EU Single Market law has struggled to give adequate weight to collective goals such as trade union rights, environmental or public health goals because of the transformation by the CJEU of economic freedoms into fundamental rights. Just as “mandatory requirements” had to be read into the Treaty by the Court of Justice to allow economic free movement rights to be curtailed so as to protect collective goals, the Strasbourg Court has had to adopt an expansive interpretation of “rights and freedoms of others” to ensure adequate protection of broader commitments to religious coexistence.

The dissenting judges are right that the majority’s reading of this term is strained. However, it is necessary to consider whether any other approach is possible. Whether the approach of the French authorities in this case was or was not proportionate, our life together is about more than the rights that we hold against each other and there are important principles that underpin liberal democratic life that are very imperfectly translated into rights terms.

Given that the Court of Justice in Luxembourg tends to defer to Strasbourg on matters of fundamental rights, the decision to uphold the French law will mean that future challenges under EU law are unlikely to succeed. Such challenges could have alleged disproportionate discrimination on grounds of religion or gender in the employment sphere in violation of Directive 2000/78 (the legislation which bans discrimination in employment on grounds of religion, age, sexual orientation or disability) or a disproportionate restriction of free movement rights of a veil-wearing EU national who wished to live in France. The conclusion that the ban is legitimate and proportionate undermines such potential challenges to a significant degree.
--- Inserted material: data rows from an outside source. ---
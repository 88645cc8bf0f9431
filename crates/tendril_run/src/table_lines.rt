//! Lines of a script that are commands on a table.
ghost use Rattle.std.specs.Prelude.{◌≡◌};
ghost use Rattle.tendril_errors.specs.declared.refusal.Refusal.TheVariants.{Memory};
ghost use Rattle.tendril_run.specs.TableAnswers.{TableReplies};
ghost use Rattle.tendril_run.specs.WhiteSpace.{class};

use crate::classifier::WhiteSpace;
use crate::command_table::CommandTable;
use std::alloc::Global;
use tendril_lines::parse;
use tendril_script::Lines;
use tendril_text::block::Refusal;

/// Carries out the lines of a script: commands on one table. A line that is no command prints `malformed`.
#[derive(Drop)]
pub struct TableLines<T> {
    table: T,
}

impl<T: CommandTable> TableLines<T> {
    /// Begins with an empty table. Allocates nothing.
    pub fn new(alloc: Global) -> Self
        ensures { T.cells result.table ≡ T.no_cells }
    {
        TableLines {
            table: T::empty(alloc),
        }
    }

    // Returns the reply to one command, after reserving capacity for what it may add.
    fn reply(&mut self, command: &T::Command) -> T::Reply
        ensures { TableReplies (T.step class) (T.refused Memory)
            (T.cells self.old.table) command.now result (T.cells self.new.table) }
    {
        match self.table.reserve(1) {
            Ok(()) => self.table.step(command, &WhiteSpace),
            Err(refusal) => T::refused(refusal),
        }
    }
}

impl<T: CommandTable> Lines for TableLines<T> {
    ghost use Rattle.tendril_errors.specs.declared.refusal.Refusal.TheVariants.{Memory};
    ghost use Rattle.tendril_run.specs.TableAnswers.{TableAnswers};
    ghost use Rattle.tendril_run.specs.WhiteSpace.{class};

    ghost State = { T.Cells };

    ghost state = { λ lines. T.cells lines.table };

    ghost answers = { TableAnswers T.Command.spelling (T.step class) (T.refused Memory) T.printed };

    fn answer(&mut self, alloc: Global, line: &[u8]) -> Result<String, Refusal> {
        match parse::<T::Command>(alloc, line)? {
            Some(command) => T::print(alloc, &self.reply(&command)),
            None => Ok(String::from_str(alloc, "malformed")?),
        }
    }
}
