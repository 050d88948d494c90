// lines_text_law: the law of the bytes of lines: numerals, forms and grammars.
// It has no code, and may use terms and tables. It promises: reading by a grammar gives the one right answer for any bytes, so a line is read
// back as its value; and putting a form byte by byte puts the line that it makes with its numbers.

#![tactic(auto)]

// Why nothing was read: the bytes end within what is read, or a byte is wrong, the first of them at this place.
#[derive(Clone, Copy, Debug, PartialEq, Eq)]
pub enum LineError {
    Unfinished,
    Wrong(usize),
}

// A value that was read, and the place after it.
#[derive(Clone, Copy)]
pub struct Parsed<T> {
    pub value: T,
    pub next: usize,
}

// Where writing stands: the next place of the room, and how many numbers were used.
#[derive(Clone, Copy)]
pub struct Spot {
    pub at: usize,
    pub used: usize,
}
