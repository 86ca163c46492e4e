#![tactic(auto)]

// The listing program: reads an image from standard input and prints the row sets of its tables.
// It lends the list all the room that it works in.
use lister::Scope;

// Reads standard input and lists it as an image: every set, in a store that starts as zeros.
fn main(rt: HostRuntime) {
    let mut input = [0u8; 65537];
    if let Some(n) = lister::read_input(&rt, &mut input) {
        list(&rt, &input[..n]);
    }
}

// Lists the input, in cells and a store of its own.
fn list(rt: &HostRuntime, input: &[u8]) {
    let mut cells = [0u64; 8192];
    let mut low = [0u64; 4096];
    let mut high = [0u64; 4096];
    let mut left = [0u16; 4096];
    let mut right = [0u16; 4096];
    lister::print(
        rt,
        Scope::Every,
        input,
        &mut cells,
        &mut low,
        &mut high,
        &mut left,
        &mut right,
    );
}
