//! The page that a browser gets: a notebook, as one text of HTML.
#![tactic(auto)]

mod text;

pub use text::{PAGE, page};
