/// Actual parameters for the first formal ones, and those that are left.
#[cycle(expression)]
fn passed_in_turn<'a>(
    site: Site<'_>,
    formals: &'a [Formal],
    span: Span,
    variables: Variables,
    actuals: &[Expr],
) -> Result<(Items<Argument>, Variables, &'a [Formal]), Rejected>
    ensures { Judges (through (on spec.next_passed_at site.entry) ([], variables, formals.now) actuals.now) (result_map (λ p. (p.0, p.1, p.2.now)) result) }
{
    let mut so_far = (Items::new(site.alloc), variables, formals);
    for e in actuals {
        let (passed, variables, left) = so_far;
        so_far = next_passed(site, passed, variables, left, span, e)?;
    }
    Ok(so_far)
}

/// One actual parameter more.
#[cycle(expression)]
#[tactic(auto, unfolding(crate::specs::Expressions::one_passed))]
fn next_passed<'a>(
    site: Site<'_>,
    so_far: Items<Argument>,
    variables: Variables,
    formals: &'a [Formal],
    span: Span,
    e: &Expr,
) -> Result<(Items<Argument>, Variables, &'a [Formal]), Rejected>
    ensures { Judges (on spec.next_passed_at site.entry (so_far, variables, formals.now) e.now) (result_map (λ p. (p.0, p.1, p.2.now)) result) }
{
    match formals {
        [] => Err(Rejected::Rule(broken(RuleCode::Parameters, e.first_token()))),
        [formal, left @ ..] => {
            let (argument, variables) = actual(site, variables, formal, span, e)?;
            let mut passed = so_far;
            passed.push(argument)?;
            Ok((passed, variables, left))
        }
    }
}

/// The actual parameter for a formal one, in a list that opens at `span`.
#[cycle(expression)]
#[tactic(auto, unfolding(crate::specs::Expressions::passed_at))]
pub fn actual(
    site: Site<'_>,
    variables: Variables,
    formal: &Formal,
    span: Span,
    e: &Expr,
) -> Result<(Argument, Variables), Rejected>
    ensures { Judges (on spec.passed_at site.entry formal.now variables e.now) result }
{
    let inside = open(site.levels, span)?;
    actual_of_kind(
        Site {
            levels: inside,
            ..site
        },
        variables,
        formal.kind,
        &formal.of,
        e,
    )
}

#[cycle(expression)]
#[tactic(auto, unfolding(crate::specs::Expressions::actual_rule))]
fn actual_of_kind(
    site: Site<'_>,
    variables: Variables,
    kind: FormalKind,
    formal: &ObType,
    e: &Expr,
) -> Result<(Argument, Variables), Rejected>
    ensures { Judges (spec.actual_rule (on spec.expr_within site.entry) (on spec.target_within site.entry) site.entry.scope.now kind formal.now variables e.now) result }
{
    match kind {
        FormalKind::Variable => {
            let variable = lone_variable(site.scope, e);
            variable_actual(site, variables, formal, variable, e.first_token())
        }
        FormalKind::Value => value_actual(site, variables, formal, e),
    }
}

#[cycle(expression)]
#[tactic(auto, unfolding(crate::specs::Expressions::variable_actual))]
fn variable_actual(
    site: Site<'_>,
    variables: Variables,
    formal: &ObType,
    variable: Option<Lone<'_>>,
    span: Span,
) -> Result<(Argument, Variables), Rejected>
    ensures { Judges (spec.variable_actual (on spec.target_within site.entry) formal.now variables (option_map lone variable.entry)) result }
{
    match variable {
        None => Err(Rejected::Rule(broken(RuleCode::ReadOnly, span))),
        Some(variable) => {
            let at = lone_written(site, variables, variable)?;
            variable_argument(site.alloc, FormalKind::Variable, formal, at, span)
        }
    }
}

#[cycle(expression)]
#[tactic(auto, unfolding(crate::specs::Expressions::value_actual, crate::specs::Expressions::expr_at))]
fn value_actual(
    site: Site<'_>,
    variables: Variables,
    formal: &ObType,
    e: &Expr,
) -> Result<(Argument, Variables), Rejected>
    ensures { Judges (spec.value_actual (on spec.expr_within site.entry) site.entry.scope.now formal.now variables e.now) result }
{
    let (operand, variables) = expr(site, variables, e)?;
    value_passed(
        site.alloc,
        variables,
        formal,
        lone_variable(site.scope, e).is_some(),
        operand,
        e.first_token(),
    )
}

/// A variable that may be written, or a part of one.
#[cycle(expression)]
#[tactic(auto, unfolding(crate::specs::Expressions::target_at, crate::specs::Expressions::target_rule))]
pub fn target(site: Site<'_>, variables: Variables, d: &Written) -> Result<Selected, Rejected>
    ensures { Judges (on spec.target_at site.entry variables d.now) result }
{
    let target = written(site.imports, site.scope, d)?;
    let whole = (
        target.of.another()?,
        Designator::Whole(target.variable),
        variables,
        target.told,
    );
    selected(site, whole, target.behind)
}

/// A variable alone, guarded or not, that may be written.
#[cycle(expression)]
#[tactic(auto, unfolding(crate::specs::Expressions::lone_written, crate::specs::Expressions::target_at))]
fn lone_written(site: Site<'_>, variables: Variables, x: Lone<'_>) -> Result<Selected, Rejected>
    ensures { Judges (on spec.target_within site.entry variables (lone x.entry)) result }
{
    let at = target(site, variables, x.variable)?;
    after_guard(site, x.guard, at)
}

#[cycle(expression)]
#[tactic(auto, unfolding(crate::specs::Expressions::inner_at, crate::specs::Expressions::expr_at))]
fn nested(
    site: Site<'_>,
    span: Span,
    variables: Variables,
    e: &Expr,
) -> Result<(Operand, Variables), Rejected>
    ensures { Judges (on spec.inner_at site.entry variables e.now) result }
{
    let inside = open(site.levels, span)?;
    expr(
        Site {
            levels: inside,
            ..site
        },
        variables,
        e,
    )
}

#[cycle(expression)]
#[tactic(auto, unfolding(crate::specs::Expressions::deeper_at))]
fn deeper(
    site: Site<'_>,
    span: Span,
    variables: Variables,
    f: &Factor,
) -> Result<(Operand, Variables), Rejected>
    ensures { Judges (on spec.deeper_at site.entry variables f.now) result }
{
    let inside = open(site.levels, span)?;
    factor(
        Site {
            levels: inside,
            ..site
        },
        variables,
        f,
    )
}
The overall impression left by the judgment is of a Court that was uneasy with elements of the French law but was unwilling to intervene in such a controversial area. Indeed, its reasoning contained a number of reaffirmations of its previous case-law upholding less wide-ranging restrictions of religious symbols in particular contexts such as schools, the civil service and identity checks.

The relationship between law and religion is in a state of flux in many EU states. The UK is currently engaged in intense debate on the role of religion in education and the limits of its multicultural model. Sustainable solutions will require trial and error and give and take from each side. Rights will be part of this discussion but so too will more abstract commitments to pluralism and coexistence and communication and compromise. It is therefore perhaps wise of the Strasbourg Court not to seek to impose a Europe-wide solution in such a complex and changing area at this stage.